▸ **Your assignment**:
Check each line of the data below for the string "ghost", then report how many lines have it and nothing else.

(Collected data)
=== Section Start ===

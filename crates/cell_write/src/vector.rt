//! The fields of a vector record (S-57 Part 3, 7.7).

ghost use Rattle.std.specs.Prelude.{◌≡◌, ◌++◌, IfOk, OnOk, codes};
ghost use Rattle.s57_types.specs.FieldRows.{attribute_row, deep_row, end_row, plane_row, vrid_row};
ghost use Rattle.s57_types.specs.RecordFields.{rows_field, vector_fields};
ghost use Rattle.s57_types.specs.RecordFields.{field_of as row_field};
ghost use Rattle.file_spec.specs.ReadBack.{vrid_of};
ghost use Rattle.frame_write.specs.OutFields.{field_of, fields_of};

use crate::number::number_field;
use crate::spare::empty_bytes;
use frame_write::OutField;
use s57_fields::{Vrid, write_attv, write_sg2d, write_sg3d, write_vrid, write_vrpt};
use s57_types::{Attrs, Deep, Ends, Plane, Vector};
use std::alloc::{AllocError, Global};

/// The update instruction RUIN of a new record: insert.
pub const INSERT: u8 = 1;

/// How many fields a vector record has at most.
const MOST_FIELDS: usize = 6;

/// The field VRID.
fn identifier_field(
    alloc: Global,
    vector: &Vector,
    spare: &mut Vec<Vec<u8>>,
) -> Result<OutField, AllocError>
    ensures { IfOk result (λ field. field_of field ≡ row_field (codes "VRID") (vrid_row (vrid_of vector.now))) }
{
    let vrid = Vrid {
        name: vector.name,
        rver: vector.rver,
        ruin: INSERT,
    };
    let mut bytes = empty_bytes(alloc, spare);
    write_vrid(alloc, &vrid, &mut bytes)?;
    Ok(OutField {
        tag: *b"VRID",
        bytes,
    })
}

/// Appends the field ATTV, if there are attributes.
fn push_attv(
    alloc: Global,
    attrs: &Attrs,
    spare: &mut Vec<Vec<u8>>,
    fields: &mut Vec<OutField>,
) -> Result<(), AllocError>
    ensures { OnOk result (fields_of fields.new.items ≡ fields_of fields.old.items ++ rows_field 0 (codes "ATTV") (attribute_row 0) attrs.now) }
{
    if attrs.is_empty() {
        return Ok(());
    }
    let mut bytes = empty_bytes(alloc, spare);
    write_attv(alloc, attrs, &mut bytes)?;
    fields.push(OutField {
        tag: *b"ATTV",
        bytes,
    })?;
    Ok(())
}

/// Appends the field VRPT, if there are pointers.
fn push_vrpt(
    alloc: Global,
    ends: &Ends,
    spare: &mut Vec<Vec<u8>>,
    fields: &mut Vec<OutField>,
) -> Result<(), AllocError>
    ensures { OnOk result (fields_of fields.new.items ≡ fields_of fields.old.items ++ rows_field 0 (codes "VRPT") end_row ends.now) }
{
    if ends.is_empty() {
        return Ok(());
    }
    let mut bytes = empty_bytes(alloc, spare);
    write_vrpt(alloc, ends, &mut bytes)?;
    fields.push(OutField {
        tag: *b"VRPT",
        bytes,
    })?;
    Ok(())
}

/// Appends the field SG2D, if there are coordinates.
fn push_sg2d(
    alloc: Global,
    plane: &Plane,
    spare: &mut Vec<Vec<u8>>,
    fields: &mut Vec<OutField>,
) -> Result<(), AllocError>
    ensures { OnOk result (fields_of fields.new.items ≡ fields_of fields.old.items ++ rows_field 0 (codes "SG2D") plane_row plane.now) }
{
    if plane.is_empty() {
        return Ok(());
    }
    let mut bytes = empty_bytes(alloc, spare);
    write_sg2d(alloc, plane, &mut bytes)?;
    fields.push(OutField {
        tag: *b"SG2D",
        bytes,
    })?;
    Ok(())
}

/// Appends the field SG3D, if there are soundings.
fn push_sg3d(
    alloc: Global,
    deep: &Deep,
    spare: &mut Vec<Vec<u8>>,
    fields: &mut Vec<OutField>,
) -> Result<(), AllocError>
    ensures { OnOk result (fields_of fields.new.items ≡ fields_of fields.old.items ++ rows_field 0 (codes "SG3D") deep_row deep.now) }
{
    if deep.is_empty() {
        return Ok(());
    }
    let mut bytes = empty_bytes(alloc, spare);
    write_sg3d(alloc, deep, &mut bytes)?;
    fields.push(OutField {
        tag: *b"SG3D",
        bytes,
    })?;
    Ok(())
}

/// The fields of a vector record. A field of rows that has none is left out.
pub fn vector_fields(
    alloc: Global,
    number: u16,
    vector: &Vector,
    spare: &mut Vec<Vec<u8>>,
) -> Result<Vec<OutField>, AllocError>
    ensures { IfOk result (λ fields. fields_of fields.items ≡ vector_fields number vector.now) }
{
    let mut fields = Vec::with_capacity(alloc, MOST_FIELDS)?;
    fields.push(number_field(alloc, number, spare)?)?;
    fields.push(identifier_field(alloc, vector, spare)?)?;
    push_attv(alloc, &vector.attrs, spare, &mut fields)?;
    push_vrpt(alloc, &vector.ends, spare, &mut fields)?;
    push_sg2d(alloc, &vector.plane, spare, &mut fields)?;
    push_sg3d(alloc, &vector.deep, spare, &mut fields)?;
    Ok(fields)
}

=== Section End ===

▸ **Result below**:
6